- YOUR TASK
Across these entries, count the lines holding the string "over"; the number is the whole answer.

- DATA
// What the scripts of bench/ time, as one program: the first word says which, and those behind it how.
//
//     journal WORDS     a journal over a real file
//     gate WORDS        threads at a gate
//     part WORDS        one part and one table
//     http WORDS        HTTP messages over a connection in memory
//     book WORDS        a book of forwarded calls
//     all               a small run of each
//
// The module of each has its words. A run prints how many steps, turns, payloads, requests or bytes there were. It has no
// contracts that another crate needs. Depends on tx_journal, disk_model, step_gate, part_model, part_core, place_table,
// actors_api, call_book, http_edge, actor_ports and actor_names.
#![tactic(auto)]

mod books;
mod gates;
mod journals;
mod messages;
mod parts;

use std::fs::{File, Files};
use std::rt::Env;
use std::sync::Wait;
use std::thread::Threads;
use std::time::Clock;
use std::{env, fs, io};

/// The file of the small run of a journal.
const PATH: &str = "bench_steps_journal";

/// The small runs, in their order.
const SMALL: [[&str; 4]; 6] = [
    ["journal", "append", PATH, "10"],
    ["journal", "open", PATH, "10"],
    ["gate", "gate", "2", "1000"],
    ["part", "limits", "65536", "256"],
    ["http", "serve", "1000", ""],
    ["book", "pairs", "1000", ""],
];

fn main(rt: HostRuntime) -> io::Result<()> {
    let mut words = env::args(&rt)?;
    let _name = words.next();
    let (subject, mode) = (words.next(), words.next());
    let (first, second) = (words.next(), words.next());
    let words = [text(&subject), text(&mode), text(&first), text(&second)];
    match words {
        ["all", ..] => print_small(&rt),
        words => print_run(&rt, words),
    }
}

/// A word; the empty text if it isn't there.
fn text(word: &Option<String>) -> &str {
    match word {
        Some(word) => word.as_str(),
        None => "",
    }
}

/// The small runs. Their file is removed.
fn print_small<R: AllocGlobal + Print + Files<File = File> + Threads + Wait + Clock + Sync>(
    rt: &R,
) -> io::Result<()> {
    for words in SMALL {
        print_run(rt, words)?;
    }
    fs::remove_file(rt, PATH)
}

/// One run, and what it did.
fn print_run<R: AllocGlobal + Print + Files<File = File> + Threads + Wait + Clock + Sync>(
    rt: &R,
    words: [&str; 4],
) -> io::Result<()> {
    match run(rt, words)? {
        Some(count) => println!(rt; "{count}"),
        None => println!(rt;
            "bench_steps journal|gate|part|http|book WORDS, or all; or the disk failed, or memory ran out"
        ),
    }
}

/// Does what the words say, and returns the count; `None` if they make no sense, the disk failed or memory ran out.
fn run<R: AllocGlobal + Files<File = File> + Threads + Wait + Clock + Sync>(
    rt: &R,
    words: [&str; 4],
) -> io::Result<Option<u64>> {
    let [subject, mode, first, second] = words;
    match subject {
        "journal" => journals::run(rt, rt.alloc(), mode, first, second),
        "gate" => Ok(gates::run(rt, rt.alloc(), mode, first, second)),
        "part" => Ok(parts::run(rt.alloc(), mode, first, second)),
        "http" => Ok(messages::run(rt.alloc(), mode, first)),
        "book" => Ok(books::run(rt.alloc(), mode, first)),
        _ => Ok(None),
    }
}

- RESPONSE TO THE EXERCISE
2